= Beginning of Section =
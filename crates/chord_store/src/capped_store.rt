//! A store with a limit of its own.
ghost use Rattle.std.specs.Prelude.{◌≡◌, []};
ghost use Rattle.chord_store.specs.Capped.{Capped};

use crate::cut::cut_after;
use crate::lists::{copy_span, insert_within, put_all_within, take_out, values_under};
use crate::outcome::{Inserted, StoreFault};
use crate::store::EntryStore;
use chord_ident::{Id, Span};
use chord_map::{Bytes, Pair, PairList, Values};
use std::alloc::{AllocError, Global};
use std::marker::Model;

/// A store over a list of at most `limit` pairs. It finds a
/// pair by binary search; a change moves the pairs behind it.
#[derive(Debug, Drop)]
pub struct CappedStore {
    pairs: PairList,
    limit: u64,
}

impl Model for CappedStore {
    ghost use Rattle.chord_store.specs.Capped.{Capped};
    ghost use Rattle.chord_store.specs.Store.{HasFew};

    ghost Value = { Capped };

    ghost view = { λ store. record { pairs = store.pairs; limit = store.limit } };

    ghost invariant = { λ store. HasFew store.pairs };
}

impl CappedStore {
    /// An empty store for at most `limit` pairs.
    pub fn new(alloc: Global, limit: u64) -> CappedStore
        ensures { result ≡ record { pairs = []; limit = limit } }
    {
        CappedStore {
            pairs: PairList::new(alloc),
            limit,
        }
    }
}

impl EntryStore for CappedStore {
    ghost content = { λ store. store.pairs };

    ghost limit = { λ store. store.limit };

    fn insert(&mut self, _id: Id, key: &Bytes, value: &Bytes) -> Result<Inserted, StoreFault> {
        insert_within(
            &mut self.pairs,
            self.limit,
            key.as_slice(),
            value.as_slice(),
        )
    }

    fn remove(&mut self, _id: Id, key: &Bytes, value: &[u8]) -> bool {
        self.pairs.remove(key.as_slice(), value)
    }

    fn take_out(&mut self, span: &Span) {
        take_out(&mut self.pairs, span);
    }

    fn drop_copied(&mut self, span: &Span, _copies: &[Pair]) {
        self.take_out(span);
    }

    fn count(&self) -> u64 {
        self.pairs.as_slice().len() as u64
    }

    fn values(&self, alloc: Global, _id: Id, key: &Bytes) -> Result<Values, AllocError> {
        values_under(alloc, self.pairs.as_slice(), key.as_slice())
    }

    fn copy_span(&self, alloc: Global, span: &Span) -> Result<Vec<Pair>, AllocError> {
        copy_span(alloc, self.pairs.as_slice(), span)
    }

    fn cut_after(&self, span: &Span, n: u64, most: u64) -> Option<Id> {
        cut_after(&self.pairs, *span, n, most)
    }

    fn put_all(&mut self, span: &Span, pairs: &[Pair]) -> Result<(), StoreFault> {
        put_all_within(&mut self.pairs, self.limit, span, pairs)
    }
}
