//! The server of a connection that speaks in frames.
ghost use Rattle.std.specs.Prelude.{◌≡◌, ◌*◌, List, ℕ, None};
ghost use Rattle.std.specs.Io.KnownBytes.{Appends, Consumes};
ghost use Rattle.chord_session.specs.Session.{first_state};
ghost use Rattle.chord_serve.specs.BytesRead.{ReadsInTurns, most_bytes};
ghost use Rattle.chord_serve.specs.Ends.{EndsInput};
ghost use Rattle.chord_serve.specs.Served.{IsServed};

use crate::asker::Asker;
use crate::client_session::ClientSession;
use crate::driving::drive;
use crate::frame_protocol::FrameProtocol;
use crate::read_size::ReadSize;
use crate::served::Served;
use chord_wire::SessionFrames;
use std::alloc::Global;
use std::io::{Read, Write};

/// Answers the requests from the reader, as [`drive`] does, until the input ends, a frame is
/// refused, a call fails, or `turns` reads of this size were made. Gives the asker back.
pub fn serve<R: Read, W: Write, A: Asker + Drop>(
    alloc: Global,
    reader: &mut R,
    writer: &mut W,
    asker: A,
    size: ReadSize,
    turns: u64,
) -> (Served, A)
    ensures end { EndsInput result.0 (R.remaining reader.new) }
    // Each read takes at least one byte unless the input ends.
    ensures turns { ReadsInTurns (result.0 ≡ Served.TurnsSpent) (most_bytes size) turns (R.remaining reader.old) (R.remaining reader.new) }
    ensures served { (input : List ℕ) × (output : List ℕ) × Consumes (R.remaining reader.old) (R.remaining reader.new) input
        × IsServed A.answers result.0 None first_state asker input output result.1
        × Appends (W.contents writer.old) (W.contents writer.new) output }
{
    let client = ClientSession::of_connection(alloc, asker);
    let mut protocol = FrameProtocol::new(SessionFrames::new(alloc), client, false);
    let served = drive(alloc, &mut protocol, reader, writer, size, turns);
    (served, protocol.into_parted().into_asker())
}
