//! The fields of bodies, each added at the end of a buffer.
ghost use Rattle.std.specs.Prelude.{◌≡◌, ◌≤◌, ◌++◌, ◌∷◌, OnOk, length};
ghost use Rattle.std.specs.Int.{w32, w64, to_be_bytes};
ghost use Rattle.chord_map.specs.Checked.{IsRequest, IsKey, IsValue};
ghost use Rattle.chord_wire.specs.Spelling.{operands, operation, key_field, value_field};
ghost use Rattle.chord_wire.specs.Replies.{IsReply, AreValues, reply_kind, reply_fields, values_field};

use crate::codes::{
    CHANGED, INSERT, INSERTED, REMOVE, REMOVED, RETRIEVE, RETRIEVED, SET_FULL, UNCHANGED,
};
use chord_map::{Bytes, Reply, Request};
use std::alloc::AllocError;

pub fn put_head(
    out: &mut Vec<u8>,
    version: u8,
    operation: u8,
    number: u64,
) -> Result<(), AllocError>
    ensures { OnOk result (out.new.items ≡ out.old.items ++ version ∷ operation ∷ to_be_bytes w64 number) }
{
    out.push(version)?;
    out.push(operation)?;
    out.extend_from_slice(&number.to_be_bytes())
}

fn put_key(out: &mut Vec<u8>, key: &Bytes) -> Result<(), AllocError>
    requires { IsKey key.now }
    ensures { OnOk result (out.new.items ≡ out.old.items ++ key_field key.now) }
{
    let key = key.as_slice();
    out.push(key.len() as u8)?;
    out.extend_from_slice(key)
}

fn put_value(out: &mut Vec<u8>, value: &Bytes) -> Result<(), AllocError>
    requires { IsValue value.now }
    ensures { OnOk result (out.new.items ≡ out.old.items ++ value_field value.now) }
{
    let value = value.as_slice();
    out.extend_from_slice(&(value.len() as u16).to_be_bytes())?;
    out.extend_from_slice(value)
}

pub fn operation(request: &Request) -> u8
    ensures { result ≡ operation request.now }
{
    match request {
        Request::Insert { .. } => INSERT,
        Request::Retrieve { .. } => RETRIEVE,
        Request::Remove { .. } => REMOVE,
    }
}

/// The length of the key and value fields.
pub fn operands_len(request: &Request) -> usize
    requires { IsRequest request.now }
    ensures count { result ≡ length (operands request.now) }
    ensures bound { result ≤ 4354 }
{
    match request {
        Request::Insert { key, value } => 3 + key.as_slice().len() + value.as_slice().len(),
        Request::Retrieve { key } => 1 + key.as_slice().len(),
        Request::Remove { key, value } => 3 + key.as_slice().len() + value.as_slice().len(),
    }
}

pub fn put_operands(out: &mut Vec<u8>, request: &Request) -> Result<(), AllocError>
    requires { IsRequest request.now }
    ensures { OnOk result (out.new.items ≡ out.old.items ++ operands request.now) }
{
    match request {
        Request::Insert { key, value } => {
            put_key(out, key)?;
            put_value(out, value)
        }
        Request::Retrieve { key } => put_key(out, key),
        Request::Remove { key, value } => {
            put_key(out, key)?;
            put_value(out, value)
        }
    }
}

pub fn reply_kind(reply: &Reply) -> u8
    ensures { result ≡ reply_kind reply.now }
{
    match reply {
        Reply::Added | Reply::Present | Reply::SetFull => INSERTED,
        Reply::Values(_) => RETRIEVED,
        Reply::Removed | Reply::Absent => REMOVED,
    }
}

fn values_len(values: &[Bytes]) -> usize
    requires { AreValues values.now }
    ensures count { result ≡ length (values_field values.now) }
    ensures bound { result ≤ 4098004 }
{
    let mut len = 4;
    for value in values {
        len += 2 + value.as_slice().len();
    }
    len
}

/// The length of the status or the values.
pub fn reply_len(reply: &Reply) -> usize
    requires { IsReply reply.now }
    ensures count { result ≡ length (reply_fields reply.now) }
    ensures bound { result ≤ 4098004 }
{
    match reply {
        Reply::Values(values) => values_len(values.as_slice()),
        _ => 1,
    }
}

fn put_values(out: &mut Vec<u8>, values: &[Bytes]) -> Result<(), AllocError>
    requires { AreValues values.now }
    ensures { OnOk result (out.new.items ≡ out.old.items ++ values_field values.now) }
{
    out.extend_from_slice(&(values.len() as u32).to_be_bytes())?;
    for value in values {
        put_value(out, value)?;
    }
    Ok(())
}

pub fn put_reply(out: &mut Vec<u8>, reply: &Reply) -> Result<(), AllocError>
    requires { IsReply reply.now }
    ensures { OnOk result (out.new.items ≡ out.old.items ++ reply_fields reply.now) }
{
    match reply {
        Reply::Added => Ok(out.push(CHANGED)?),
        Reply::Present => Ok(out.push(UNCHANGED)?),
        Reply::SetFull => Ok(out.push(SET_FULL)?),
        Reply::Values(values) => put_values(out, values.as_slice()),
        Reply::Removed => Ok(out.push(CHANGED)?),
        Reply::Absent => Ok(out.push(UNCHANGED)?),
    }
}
= End of Section =
= Beginning of Section =
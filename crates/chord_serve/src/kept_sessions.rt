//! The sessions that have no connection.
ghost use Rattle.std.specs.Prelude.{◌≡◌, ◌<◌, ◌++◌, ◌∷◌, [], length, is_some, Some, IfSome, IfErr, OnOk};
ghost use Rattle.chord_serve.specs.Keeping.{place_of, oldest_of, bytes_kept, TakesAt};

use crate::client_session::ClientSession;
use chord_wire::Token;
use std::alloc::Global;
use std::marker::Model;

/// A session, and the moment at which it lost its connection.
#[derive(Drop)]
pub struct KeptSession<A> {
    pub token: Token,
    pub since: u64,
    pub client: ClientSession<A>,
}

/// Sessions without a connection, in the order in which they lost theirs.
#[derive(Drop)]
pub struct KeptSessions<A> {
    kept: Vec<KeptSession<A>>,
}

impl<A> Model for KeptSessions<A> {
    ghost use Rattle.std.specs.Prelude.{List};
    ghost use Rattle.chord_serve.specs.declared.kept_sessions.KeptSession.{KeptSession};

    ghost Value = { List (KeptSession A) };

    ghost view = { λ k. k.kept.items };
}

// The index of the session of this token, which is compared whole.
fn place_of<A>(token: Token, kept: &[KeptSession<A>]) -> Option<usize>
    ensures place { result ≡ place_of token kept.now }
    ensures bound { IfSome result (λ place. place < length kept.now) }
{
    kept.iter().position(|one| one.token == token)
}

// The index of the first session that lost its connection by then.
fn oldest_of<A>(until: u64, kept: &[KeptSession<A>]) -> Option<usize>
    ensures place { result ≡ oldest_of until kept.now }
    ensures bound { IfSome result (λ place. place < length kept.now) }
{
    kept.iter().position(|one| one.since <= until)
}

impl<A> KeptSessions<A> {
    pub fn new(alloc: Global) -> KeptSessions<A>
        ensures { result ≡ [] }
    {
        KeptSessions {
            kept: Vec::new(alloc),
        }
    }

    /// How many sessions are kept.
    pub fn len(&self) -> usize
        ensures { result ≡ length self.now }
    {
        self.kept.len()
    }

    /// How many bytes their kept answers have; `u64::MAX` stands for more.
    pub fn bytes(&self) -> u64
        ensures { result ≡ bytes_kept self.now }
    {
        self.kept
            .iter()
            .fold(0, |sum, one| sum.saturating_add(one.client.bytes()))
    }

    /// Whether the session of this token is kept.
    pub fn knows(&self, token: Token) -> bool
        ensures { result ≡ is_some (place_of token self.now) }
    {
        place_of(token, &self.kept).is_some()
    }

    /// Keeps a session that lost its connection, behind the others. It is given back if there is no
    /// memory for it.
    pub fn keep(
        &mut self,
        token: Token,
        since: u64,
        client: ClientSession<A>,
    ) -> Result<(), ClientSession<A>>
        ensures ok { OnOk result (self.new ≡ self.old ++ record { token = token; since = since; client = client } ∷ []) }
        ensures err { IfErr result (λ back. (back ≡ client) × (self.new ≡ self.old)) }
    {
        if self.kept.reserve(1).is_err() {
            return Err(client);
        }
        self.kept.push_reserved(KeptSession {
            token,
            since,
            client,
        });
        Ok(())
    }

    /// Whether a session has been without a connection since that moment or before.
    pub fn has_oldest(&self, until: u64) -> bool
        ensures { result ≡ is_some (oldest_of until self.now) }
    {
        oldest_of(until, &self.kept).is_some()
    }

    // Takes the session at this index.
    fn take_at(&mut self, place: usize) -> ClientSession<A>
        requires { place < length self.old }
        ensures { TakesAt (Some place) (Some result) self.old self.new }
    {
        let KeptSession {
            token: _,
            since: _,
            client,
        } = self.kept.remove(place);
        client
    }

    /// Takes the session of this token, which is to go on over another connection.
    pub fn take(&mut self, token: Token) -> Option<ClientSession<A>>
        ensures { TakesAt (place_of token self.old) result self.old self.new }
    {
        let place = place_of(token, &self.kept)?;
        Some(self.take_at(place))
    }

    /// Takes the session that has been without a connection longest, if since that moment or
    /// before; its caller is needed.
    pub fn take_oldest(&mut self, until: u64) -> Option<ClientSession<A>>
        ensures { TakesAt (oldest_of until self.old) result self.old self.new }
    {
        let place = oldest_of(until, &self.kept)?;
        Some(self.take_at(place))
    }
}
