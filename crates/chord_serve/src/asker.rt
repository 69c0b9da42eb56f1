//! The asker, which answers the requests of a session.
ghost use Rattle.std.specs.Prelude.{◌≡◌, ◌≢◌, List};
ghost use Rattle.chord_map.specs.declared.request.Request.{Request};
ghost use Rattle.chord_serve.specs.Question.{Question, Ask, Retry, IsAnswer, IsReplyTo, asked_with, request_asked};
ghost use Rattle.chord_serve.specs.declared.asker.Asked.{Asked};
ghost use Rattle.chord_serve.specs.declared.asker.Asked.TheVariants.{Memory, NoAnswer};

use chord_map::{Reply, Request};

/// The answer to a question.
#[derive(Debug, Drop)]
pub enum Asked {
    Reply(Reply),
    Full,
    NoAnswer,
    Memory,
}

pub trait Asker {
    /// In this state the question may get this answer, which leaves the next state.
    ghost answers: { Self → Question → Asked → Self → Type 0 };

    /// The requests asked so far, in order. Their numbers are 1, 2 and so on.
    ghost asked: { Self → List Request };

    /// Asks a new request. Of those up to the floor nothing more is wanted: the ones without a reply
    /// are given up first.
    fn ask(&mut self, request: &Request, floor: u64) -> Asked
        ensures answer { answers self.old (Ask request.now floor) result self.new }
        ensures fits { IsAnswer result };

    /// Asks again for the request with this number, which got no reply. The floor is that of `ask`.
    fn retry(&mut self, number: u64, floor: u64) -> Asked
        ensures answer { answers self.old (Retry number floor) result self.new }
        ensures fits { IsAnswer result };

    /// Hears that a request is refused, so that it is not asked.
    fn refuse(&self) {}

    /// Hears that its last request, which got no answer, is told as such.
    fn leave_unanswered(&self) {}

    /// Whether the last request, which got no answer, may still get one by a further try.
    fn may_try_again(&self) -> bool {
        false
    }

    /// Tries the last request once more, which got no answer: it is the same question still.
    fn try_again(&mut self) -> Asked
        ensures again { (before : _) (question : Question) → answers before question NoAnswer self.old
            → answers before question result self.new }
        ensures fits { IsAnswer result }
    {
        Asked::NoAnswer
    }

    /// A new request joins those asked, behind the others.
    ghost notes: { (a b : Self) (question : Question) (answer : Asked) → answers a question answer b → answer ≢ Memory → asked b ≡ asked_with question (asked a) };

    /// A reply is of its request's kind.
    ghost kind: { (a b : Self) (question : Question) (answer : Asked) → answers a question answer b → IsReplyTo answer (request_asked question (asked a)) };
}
= End of Section =
# What you need to do
For the records above, state the number of lines holding the string "remaining", without further comment.

# Response area
3